START Records shown
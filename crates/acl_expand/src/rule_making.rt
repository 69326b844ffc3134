ghost use Rattle.std.specs.Prelude.{◌≡◌, ◌++◌, [], ◌∷◌, IfOk, OnOk, map, flat_map};
ghost use Rattle.acl_sets.specs.Ranges.{holds};
ghost use Rattle.acl_terms.specs.Outcomes.{cisco_verdict, mode_of};
ghost use Rattle.acl_terms.specs.Resolved.{destinations_on, is_term_live, sources_on, sports_on};
ghost use Rattle.acl_expand.specs.TermRules.{
  address_suffix,
  conditions_by,
  established_conditions,
  family_rules,
  least_list,
  members,
  pair_rules,
  port_suffix,
  rule_of,
  tcp_half,
  term_rules,
  udp_alone,
  udp_half,
  verdict_on,
  whole,
  with_ports,
};

use crate::conditions::{Conditions, tcp_half, udp_alone, udp_half, whole};
use acl_host::Day;
use acl_packet::{Families, Family, Verdict};
use acl_platform::{Rule, Rules, Test};
use acl_sets::{Prefixes, RangeSet, least_prefixes};
use acl_target::{Kind, Target};
use acl_terms::{
    Mode, Opt, Side, SidePair, Term, destination_in, either_in, is_live, is_pair_empty, pairs_of,
    source_in, sports_on,
};
use acl_text::{Bytes, Memory};
use std::alloc::Global;

fn cisco_verdict(verdict: Verdict) -> Verdict
    ensures { result ≡ cisco_verdict verdict }
{
    match verdict {
        Verdict::Reject | Verdict::Reset => Verdict::Deny,
        Verdict::Accept | Verdict::Deny | Verdict::Left => verdict,
    }
}

pub(crate) fn verdict_on(kind: Kind, verdict: Verdict) -> Verdict
    ensures { result ≡ verdict_on kind verdict }
{
    match kind {
        Kind::Cisco => cisco_verdict(verdict),
        Kind::Juniper | Kind::Iptables | Kind::Nftables => verdict,
    }
}

// The least list of the term's sources on the side, in the family.
#[tactic(auto, using(acl_terms::proofs::SideLaws::source_tops, crate::proofs::SideForms::source_end))]
fn sources(alloc: Global, family: Family, term: &Term, side: Side) -> Result<Prefixes, Memory>
    ensures { IfOk result (λ ps. ps ≡ least_list family (sources_on side family term.now)) }
{
    let set = source_in(family, term);
    match side {
        Side::Source => least_prefixes(&set.intersect(alloc, either_in(family, term))?, family),
        Side::Whole | Side::Destination => least_prefixes(set, family),
    }
}

// The least list of its destinations on the side.
#[tactic(auto, using(acl_terms::proofs::SideLaws::destination_tops, crate::proofs::SideForms::destination_end))]
fn destinations(alloc: Global, family: Family, term: &Term, side: Side) -> Result<Prefixes, Memory>
    ensures { IfOk result (λ ps. ps ≡ least_list family (destinations_on side family term.now)) }
{
    let set = destination_in(family, term);
    match side {
        Side::Destination => least_prefixes(
            &set.intersect(alloc, either_in(family, term))?,
            family,
        ),
        Side::Whole | Side::Source => least_prefixes(set, family),
    }
}

fn address_suffix(side: Side) -> &'static [u8]
    ensures { result.now ≡ address_suffix side }
{
    match side {
        Side::Whole => b"",
        Side::Source => b"-src",
        Side::Destination => b"-dst",
    }
}

fn port_suffix(side: Side) -> &'static [u8]
    ensures { result.now ≡ port_suffix side }
{
    match side {
        Side::Whole => b"",
        Side::Source => b"-sport",
        Side::Destination => b"-dport",
    }
}

fn rule_name(alloc: Global, term: &Term, pair: SidePair, suffix: &Bytes) -> Result<Bytes, Memory>
    ensures { IfOk result (λ b. b ≡ term.now.name
        ++ (address_suffix pair.addresses ++ (port_suffix pair.ports ++ suffix.now))) }
{
    let mut name = Bytes::from_slice(alloc, term.name.as_slice())?;
    push_suffix(&mut name, address_suffix(pair.addresses))?;
    push_suffix(&mut name, port_suffix(pair.ports))?;
    push_suffix(&mut name, suffix.as_slice())?;
    Ok(name)
}

// Adds the suffix at the end. Most rules have none.
#[inline]
fn push_suffix(name: &mut Bytes, suffix: &[u8]) -> Result<(), Memory>
    ensures { OnOk result (name.new ≡ name.old ++ suffix.now) }
{
    if suffix.is_empty() {
        Ok(())
    } else {
        name.push_all(suffix)
    }
}

// A term in one of its families on a pair of its sides, on a platform of the kind.
#[derive(Clone, Copy)]
struct PairTerm<'a> {
    kind: Kind,
    family: Family,
    term: &'a Term,
    pair: SidePair,
}

impl<'a> PairTerm<'a> {
    // The name of a rule with the suffix, and its note.
    fn texts(&self, alloc: Global, suffix: &Bytes) -> Result<(Bytes, Bytes), Memory>
        ensures { IfOk result (λ both. both ≡ (
          self.now.term.now.name
              ++ (address_suffix self.now.pair.addresses ++ (port_suffix self.now.pair.ports ++ suffix.now)),
          self.now.term.now.note,
        )) }
    {
        let name = rule_name(alloc, self.term, self.pair, suffix)?;
        Ok((name, Bytes::from_slice(alloc, self.term.note.as_slice())?))
    }

    // The least lists of its sources and of its destinations.
    fn ends(&self, alloc: Global) -> Result<(Prefixes, Prefixes), Memory>
        ensures { IfOk result (λ both. both
            ≡ (
              least_list self.now.family (sources_on self.now.pair.addresses self.now.family self.now.term.now),
              least_list self.now.family (destinations_on self.now.pair.addresses self.now.family self.now.term.now),
            )) }
    {
        let side = self.pair.addresses;
        let src = sources(alloc, self.family, self.term, side)?;
        Ok((src, destinations(alloc, self.family, self.term, side)?))
    }

    // Its source ports, its types and its codes.
    fn sets(&self, alloc: Global) -> Result<(RangeSet, RangeSet, RangeSet), Memory>
        ensures { IfOk result (λ all. all ≡ (
          sports_on self.now.pair.ports self.now.term.now,
          self.now.term.now.itypes,
          self.now.term.now.icodes,
        )) }
    {
        let sports = sports_on(alloc, self.pair.ports, self.term)?;
        let itypes = self.term.itypes.share()?;
        Ok((sports, itypes, self.term.icodes.share()?))
    }

    // Adds the rule of the term with the conditions at the end.
    fn push(&self, alloc: Global, rules: &mut Rules, conditions: Conditions) -> Result<(), Memory>
        ensures { OnOk result (rules.new ≡ rules.old ++ rule_of self.now.kind self.now.family
            self.now.term.now self.now.pair conditions ∷ []) }
    {
        let (name, note) = self.texts(alloc, &conditions.suffix)?;
        let (src, dst) = self.ends(alloc)?;
        let (sports, itypes, icodes) = self.sets(alloc)?;
        // The rule is large, and made where it is pushed.
        rules.push(Rule {
            name,
            place: self.term.place,
            note,
            family: self.family,
            src,
            dst,
            protos: conditions.protos,
            sports,
            dports: conditions.dports,
            itypes,
            icodes,
            test: conditions.test,
            verdict: verdict_on(self.kind, self.term.verdict),
            log: self.term.log,
        })
    }

    // The same, where the conditions leave some destination port.
    fn push_with_ports(
        &self,
        alloc: Global,
        rules: &mut Rules,
        conditions: Conditions,
    ) -> Result<(), Memory>
        ensures { OnOk result (rules.new ≡ rules.old
            ++ map (rule_of self.now.kind self.now.family self.now.term.now self.now.pair)
            (with_ports conditions)) }
    {
        if conditions.dports.is_empty() {
            Ok(())
        } else {
            self.push(alloc, rules, conditions)
        }
    }

    // The same with the term's own protocols and ports, and a test.
    fn push_whole(&self, alloc: Global, rules: &mut Rules, test: Test) -> Result<(), Memory>
        ensures { OnOk result (rules.new ≡ rules.old ++ rule_of self.now.kind self.now.family
            self.now.term.now self.now.pair
            (whole self.now.family self.now.term.now self.now.pair.ports test) ∷ []) }
    {
        let conditions = whole(alloc, self.family, self.term, self.pair.ports, test)?;
        self.push(alloc, rules, conditions)
    }

    // The two rules of `established` over TCP and UDP, where connections are not known.
    fn push_halves(&self, alloc: Global, rules: &mut Rules) -> Result<(), Memory>
        ensures { OnOk result (rules.new ≡ rules.old
            ++ map (rule_of self.now.kind self.now.family self.now.term.now self.now.pair)
            (tcp_half self.now.term.now self.now.pair.ports
            ∷ with_ports (udp_half self.now.term.now self.now.pair.ports))) }
    {
        let tcp = tcp_half(alloc, self.term, self.pair.ports)?;
        self.push(alloc, rules, tcp)?;
        let udp = udp_half(alloc, self.term, self.pair.ports)?;
        self.push_with_ports(alloc, rules, udp)
    }

    fn push_udp(&self, alloc: Global, rules: &mut Rules) -> Result<(), Memory>
        ensures { OnOk result (rules.new ≡ rules.old
            ++ map (rule_of self.now.kind self.now.family self.now.term.now self.now.pair)
            (with_ports (udp_alone self.now.family self.now.term.now self.now.pair.ports))) }
    {
        let udp = udp_alone(alloc, self.family, self.term, self.pair.ports)?;
        self.push_with_ports(alloc, rules, udp)
    }

    // The rules of `established` where connections are not known.
    fn push_established(&self, alloc: Global, rules: &mut Rules) -> Result<(), Memory>
        ensures { OnOk result (rules.new ≡ rules.old
            ++ map (rule_of self.now.kind self.now.family self.now.term.now self.now.pair)
            (conditions_by Opt.Established Mode.Stateless self.now.family self.now.term.now
            self.now.pair.ports)) }
    {
        match (self.term.protos.contains(6), self.term.protos.contains(17)) {
            (true, true) => self.push_halves(alloc, rules),
            (true, false) => self.push_whole(alloc, rules, Test::AckOrRst),
            (false, _) => self.push_udp(alloc, rules),
        }
    }

    // The rules of the term on a pair of sides that is not empty in the family.
    fn push_by_option(&self, alloc: Global, rules: &mut Rules, mode: Mode) -> Result<(), Memory>
        ensures { OnOk result (rules.new ≡ rules.old
            ++ map (rule_of self.now.kind self.now.family self.now.term.now self.now.pair)
            (conditions_by self.now.term.now.option mode self.now.family self.now.term.now
            self.now.pair.ports)) }
    {
        let test = match (self.term.option, mode) {
            (Opt::Established, Mode::Stateless) => return self.push_established(alloc, rules),
            (Opt::Plain, _) => Test::Plain,
            (Opt::Established | Opt::TcpEstablished, Mode::Stateful) => Test::State,
            (Opt::TcpEstablished, Mode::Stateless) => Test::AckOrRst,
            (Opt::TcpInitial, _) => Test::SynNotAck,
            (Opt::Rst, _) => Test::Rst,
        };
        self.push_whole(alloc, rules, test)
    }
}

fn mode_of(target: &Target) -> Mode
    ensures { result ≡ mode_of target.now }
{
    if target.stateful {
        Mode::Stateful
    } else {
        Mode::Stateless
    }
}

// Adds the rules of the term in the family, on the pair of sides.
#[tactic(auto, unfolding(crate::specs::TermRules::pair_rules))]
fn push_pair(
    alloc: Global,
    rules: &mut Rules,
    target: &Target,
    family: Family,
    term: &Term,
    pair: SidePair,
) -> Result<(), Memory>
    ensures { OnOk result (rules.new ≡ rules.old ++ pair_rules target.now term.now family pair) }
{
    if is_pair_empty(term, family, pair) {
        return Ok(());
    }
    let term = PairTerm {
        kind: target.kind,
        family,
        term,
        pair,
    };
    term.push_by_option(alloc, rules, mode_of(target))
}

// Adds the rules of the term in the family, on each pair of its sides.
#[tactic(auto, unfolding(crate::specs::TermRules::family_rules))]
fn push_family(
    alloc: Global,
    rules: &mut Rules,
    target: &Target,
    family: Family,
    term: &Term,
) -> Result<(), Memory>
    ensures { OnOk result (rules.new ≡ rules.old ++ family_rules target.now term.now family) }
{
    let pairs = pairs_of(term);
    for pair in pairs {
        push_pair(alloc, rules, target, family, term, *pair)?;
    }
    Ok(())
}

// Adds the rules of the term in each family of the target.
fn push_families(
    alloc: Global,
    rules: &mut Rules,
    target: &Target,
    term: &Term,
) -> Result<(), Memory>
    ensures { OnOk result (rules.new ≡ rules.old
        ++ flat_map (family_rules target.now term.now) (members target.now.families)) }
{
    match target.families {
        Families::Inet => push_family(alloc, rules, target, Family::V4, term),
        Families::Inet6 => push_family(alloc, rules, target, Family::V6, term),
        Families::Mixed => {
            push_family(alloc, rules, target, Family::V4, term)?;
            push_family(alloc, rules, target, Family::V6, term)
        }
    }
}

/// Adds the rules of the term on the target, where it is live there that day.
#[tactic(auto, unfolding(crate::specs::TermRules::term_rules))]
pub(crate) fn push_term(
    alloc: Global,
    rules: &mut Rules,
    target: &Target,
    today: Day,
    term: &Term,
) -> Result<(), Memory>
    ensures { OnOk result (rules.new ≡ rules.old ++ term_rules target.now today term.now) }
{
    if !is_live(term, target.kind, today) {
        return Ok(());
    }
    push_families(alloc, rules, target, term)
}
END Records shown
What the task requires
Taking the listing above as the source, transcribe only the lines starting at the line with "self.family, self.term, self.pair.ports)?;" and going through the line with "fn push_established(&self, alloc: Global, rules: &mut", unaltered and with both ends included.

Answer area
        let udp = udp_alone(alloc, self.family, self.term, self.pair.ports)?;
        self.push_with_ports(alloc, rules, udp)
    }

    // The rules of `established` where connections are not known.
    fn push_established(&self, alloc: Global, rules: &mut Rules) -> Result<(), Memory>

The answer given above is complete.